Because one bottle is more than enough to do two complete Eos vehicles, my guess is that there is really no need to buy the stuff in bulk. I cannot imagine anyone needing more than one bottle per year, maximum.
Michael
*Cut the top of the nozzle with a sharp knife here*

*You then get a perfect-size line of the fluid when you tip the bottle*

*And the bottle comes with an attached cap*



_Modified by PanEuropean at 10:28 PM 7-8-2007_


----------



## scottjay99 (Aug 7, 2006)

*Re: How to solve (or prevent) Eos Roof leaks (PanEuropean)*

Incredibly valuable write up. I'm going to forward it to my Eos dealer before my first service (car delivered 12/8/06) next week. I have already confirmed the have the lubricant in stock, but I want to make sure they understand how to apply it correctly (or I will).


----------



## PanEuropean (Nov 3, 2001)

*Re: How to solve (or prevent) Eos Roof leaks (PanEuropean)*

Thanks for the kind comment, Scott. I think everyone at my VW dealership had quite a bit of fun solving this problem (especially the initial water test, which soaked the dealer principal), and I am very grateful to my dealer for inviting me up to watch and document the whole process.
A few of the pictures that I took last Thursday did not turn out well, so I could not include them in the original post. I went back to the dealer today, but the customer had picked up his Eos and was out driving it. Fortunately, there was another Eos in the showroom I could use for photos, so, here are a few "Tips and Tricks from the School of Hard Knocks" to help others get the best possible results in the future.
Michael
*Some additional elaboration...*









_Modified by PanEuropean at 10:31 PM 7-8-2007_


----------



## pjgraham86 (Aug 10, 2006)

Fantastic write up from Michael - even I couldn't fail to get it right such was the clarity of the descriptions !!
Quick reminder for UK owners -Krytox liquid and grease is available from gbrtech.co.uk - around £16 each.
Peter


----------



## just4fun (Oct 29, 2006)

*Re: How to solve (EurovanTastic)*

Matt,
Just for information purposes.
I was quoted $113.00 cdn at the VW dealership for the 30ml bottle. The parts person did offer a reasonable discount.
However, you can purchase the liquid product in a .5 kg jug (approx. 240 - 300ml) direct from the Canadian Dupont Distributor for about 1/4 the price, per 30ml.
The contact information can be found on this thread. http://forums.vwvortex.com/zerothread?id=2985944
Realistically, if the seals only require lubricating once or twice a year, then the product cost from the VW dealer is actually insignificant.
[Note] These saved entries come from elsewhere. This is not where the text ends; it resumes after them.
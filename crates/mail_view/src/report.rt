//! The report of the findings of a mail.
ghost use Rattle.std.specs.Char.{digit_char};
ghost use Rattle.std.specs.Prelude.{◌≡◌, ◌++◌, ◌<◌, drop, map, string_bytes, take};
ghost use Rattle.std.specs.Prelude.{IfOk, OnOk};
ghost use Rattle.mail_check.specs.FindingViews.{finding_view};
ghost use Rattle.mail_program.specs.Streams.{Writes};
ghost use Rattle.mail_view.specs.Line.{line, line_text, lines_text};
ghost use Rattle.mail_view.specs.Report.{between, byte_text, bytes_text};
ghost use Rattle.mail_view.specs.Report.{finding_lines};
ghost use Rattle.mail_view.specs.Report.{finding_text, hex_escape, is_itself, part_text};
ghost use Rattle.mail_view.specs.Report.{report_lines};

use crate::line::{Prefix, push_empty_line, push_line};
use mail_check::Finding;
use mail_program::Fault;
use std::alloc::{AllocError, Global};
use std::io::Write;

/// The greatest number of bytes that are shown before what was found, and after it.
const CONTEXT: usize = 32;

/// The greatest number of bytes that are shown of what was found.
const SHOWN_SIZE: usize = 64;

/// Writes what was found in a mail with these bytes. Each finding has five lines: its name, its
/// class, its part and its range; a sentence that says what programs read; the 32 bytes before it;
/// its first 64 bytes; and the 32 bytes after it. An empty line follows.
///
/// Printable ASCII is shown as it is, except for a backslash; any other byte has an escape: `\n`,
/// `\r`, `\t`, `\\`, or `\x` and two hexadecimal digits. Allocates the text.
///
/// # Errors
///
/// `Fault::Output` if a write fails, and `Fault::Mail` with `MailParseError::Memory` if it runs out
/// of memory.
///
/// # Examples
///
/// ```rust
/// use mail_check::findings;
/// use mail_view::write_report;
/// use mailparse::parse_mail;
///
/// let raw = b"A: b\0\n\nHi\n";
/// let found = findings(alloc, &parse_mail(alloc, raw)?, &())?;
/// let mut out = Vec::new(alloc);
/// write_report(alloc, &mut out, raw, found.as_slice())?;
/// let text = "Found:    nul (structure), part 1, bytes 4 to 5\n  \
///     The mail contains a NUL byte: readers in C may end the line or the mail there.\n\
///     Before:   A: b\nBytes:    \\x00\nAfter:    \\n\\nHi\\n\n\n";
/// assert_eq!(rt; str::from_utf8(out.as_slice())?, text);
/// ```
pub fn write_report<W: Write>(
    alloc: Global,
    out: &mut W,
    raw: &[u8],
    found: &[Finding],
) -> Result<(), Fault>
    ensures { Writes (W.contents out.old) (W.contents out.new) result
        (lines_text (report_lines raw.now (map finding_view found.now))) }
{
    let mut shown = String::new(alloc);
    push_report(alloc, &mut shown, raw, found)?;
    out.write_all(shown.as_bytes())?;
    Ok(())
}

/// Appends the lines of findings.
fn push_report(
    alloc: Global,
    shown: &mut String,
    raw: &[u8],
    found: &[Finding],
) -> Result<(), AllocError>
    ensures { OnOk result (string_bytes shown.new ≡ string_bytes shown.old
        ++ lines_text (report_lines raw.now (map finding_view found.now))) }
{
    for finding in found {
        push_finding(alloc, shown, raw, finding)?;
    }
    Ok(())
}

/// Appends the lines of a finding.
fn push_finding(
    alloc: Global,
    shown: &mut String,
    raw: &[u8],
    finding: &Finding,
) -> Result<(), AllocError>
    ensures { OnOk result (string_bytes shown.new ≡ string_bytes shown.old
        ++ lines_text (finding_lines raw.now (finding_view finding.now))) }
{
    let (start, end) = (finding.range.start, finding.range.end);
    let text = finding_text(alloc, finding)?;
    push_line(shown, Prefix::Found, text.as_str())?;
    push_line(shown, Prefix::Text, finding.name.sentence())?;
    let before = between(raw, start.saturating_sub(CONTEXT), start);
    push_bytes(alloc, shown, Prefix::Before, before)?;
    let bytes = front(between(raw, start, end), SHOWN_SIZE);
    push_bytes(alloc, shown, Prefix::Bytes, bytes)?;
    push_bytes(alloc, shown, Prefix::After, front(past(raw, end), CONTEXT))?;
    push_empty_line(shown)
}

/// Returns the name of a finding, its class, its part and its range.
fn finding_text(alloc: Global, finding: &Finding) -> Result<String, AllocError>
    ensures { IfOk result (λ text. string_bytes text ≡ finding_text (finding_view finding.now)) }
{
    let (name, class) = (finding.name.text(), finding.class.text());
    let (start, end) = (finding.range.start, finding.range.end);
    let part = part_text(alloc, finding.path.as_str())?;
    format!(in alloc; "{name} ({class}), {part}, bytes {start} to {end}")
}

/// Returns the text of a part with a path, or of the mail itself.
fn part_text(alloc: Global, path: &str) -> Result<String, AllocError>
    ensures { IfOk result (λ text. string_bytes text ≡ part_text path.now) }
{
    if path.is_empty() {
        return String::from_str(alloc, "the mail");
    }
    format!(in alloc; "part {path}")
}

/// Appends a line with the text of bytes after a prefix.
fn push_bytes(
    alloc: Global,
    shown: &mut String,
    prefix: Prefix,
    bytes: &[u8],
) -> Result<(), AllocError>
    ensures { OnOk result (string_bytes shown.new
        ≡ string_bytes shown.old ++ line_text (line prefix (bytes_text bytes.now))) }
{
    let text = bytes_text(alloc, bytes)?;
    push_line(shown, prefix, text.as_str())
}

/// Returns the text of bytes.
fn bytes_text(alloc: Global, bytes: &[u8]) -> Result<String, AllocError>
    ensures { IfOk result (λ text. string_bytes text ≡ bytes_text bytes.now) }
{
    let mut text = String::new(alloc);
    for byte in bytes {
        push_byte(&mut text, *byte)?;
    }
    Ok(text)
}

/// Appends the text of a byte: itself, or an escape.
#[tactic(auto, unfolding(crate::specs::Report::byte_text))]
fn push_byte(text: &mut String, byte: u8) -> Result<(), AllocError>
    ensures { OnOk result (string_bytes text.new ≡ string_bytes text.old ++ byte_text byte) }
{
    if is_itself(byte) {
        return text.push(byte as char);
    }
    match byte {
        b'\n' => text.push_str("\\n"),
        b'\r' => text.push_str("\\r"),
        b'\t' => text.push_str("\\t"),
        b'\\' => text.push_str("\\\\"),
        _ => push_hex(text, byte),
    }
}

/// Returns whether a byte is printable ASCII and no backslash.
fn is_itself(byte: u8) -> bool
    ensures { result ≡ is_itself byte }
{
    byte >= b' ' && byte <= b'~' && byte != b'\\'
}

/// Appends `\x` and the two digits of a byte.
fn push_hex(text: &mut String, byte: u8) -> Result<(), AllocError>
    ensures { OnOk result (string_bytes text.new ≡ string_bytes text.old ++ hex_escape byte) }
{
    text.push_str("\\x")?;
    text.push(digit_char(byte / 16) as char)?;
    text.push(digit_char(byte % 16) as char)
}

/// Returns the hexadecimal digit of a number.
fn digit_char(number: u8) -> u8
    requires { number < 16 }
    ensures { result ≡ digit_char number }
{
    if number < 10 {
        b'0' + number
    } else {
        b'a' - 10 + number
    }
}

/// Returns the bytes between two offsets.
fn between(bytes: &[u8], start: usize, end: usize) -> &[u8]
    ensures { result.now ≡ between start end bytes.now }
{
    front(past(bytes, start), end.saturating_sub(start))
}

/// Returns the bytes from an offset onwards.
fn past(bytes: &[u8], at: usize) -> &[u8]
    ensures { result.now ≡ drop at bytes.now }
{
    if at < bytes.len() {
        &bytes[at..]
    } else {
        &bytes[bytes.len()..]
    }
}

/// Returns the first bytes, up to this number.
fn front(bytes: &[u8], count: usize) -> &[u8]
    ensures { result.now ≡ take count bytes.now }
{
    if count < bytes.len() {
        &bytes[..count]
    } else {
        bytes
    }
}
However if you want to lower the overall cost, you can consider the larger quantity at a significant long term savings.
I don't recall seeing any documentation on the shelf life of this product, but I'm certain if it is stored in a sealed container to protect against contamination, it will last pretty much forever.
Kevin











_Modified by just4fun at 11:40 AM 2-21-2007_


----------



## PanEuropean (Nov 3, 2001)

*Re: How to solve (just4fun)*

Hi Kevin:
DuPont also suggests that the Krytox lubricating products have a more or less indefinite shelf life - here is a link to their website: DuPont Krytox® Oils and Greases.
I strongly recommend that Eos owners use the OIL, not a grease. If I had to buy lubricant for my own Eos, I would (at this moment in time) buy the little bottle of Volkswagen supplied lubricant - the *G 052 172 A1* stuff - only because we all know without any doubt at all that that is the exact correct stuff to use. If you go browsing through the DuPont Krytox® website, you will see that 'Krytox®' is a brand name that is used for a whole family of fluorinated ether based lubricants (oils and greases), not a name for a specific viscosity of lubricant for Eos roof seals. In fact, if you look at the DuPont detail page, you can see that there is a very wide range of viscosities available.
What we want to do, as owners, is maintain that very expensive and very sophisticated roof *exactly *the way VW suggests. Until we can find out the precise specification for the *G 052 172 A1* lubricant - what its viscosity is, what grade it is, what other additives it may or may not have in it - I think we should stick to the safest path, which is to buy the little bottle from VW.
I'm very much in favour of saving money wherever possible, and I am certainly not trying to 'plug' the VW product. However, at this moment in time, and in this particular case, I think we should take the safest route and use only what we KNOW works. By the time we all use up our initial bottle of lubricant, we will probably have found out what the exact specs for the VW *G 052 172 A1* lubricant are, and probably identified a less expensive way of sourcing the exact same thing.
One thing that I think it is important to stress - we want to use an OIL, not a GREASE. Greases have thickeners added to prevent them from being slung off of moving parts. The roof seals are not moving parts, and we want a lubricant that is 'oily' by nature so that it runs into all the crevices and can be easily absorbed by the seals.
Michael


----------



## WolfsburgerMitFries (Jul 4, 2005)

*Re: How to solve (PanEuropean)*


_Quote, originally posted by *PanEuropean* »_ Until we can find out the precise specification for the *G 052 172 A1* lubricant - what its viscosity is, what grade it is, what other additives it may or may not have in it - I think we should stick to the safest path, which is to buy the little bottle from VW.
Michael

We can rule out any additives, when I pulled the MSDS Sheet, it 100% Krytox, no question about it. I'll try to re-do the picture later because it just cuts off skin contact information.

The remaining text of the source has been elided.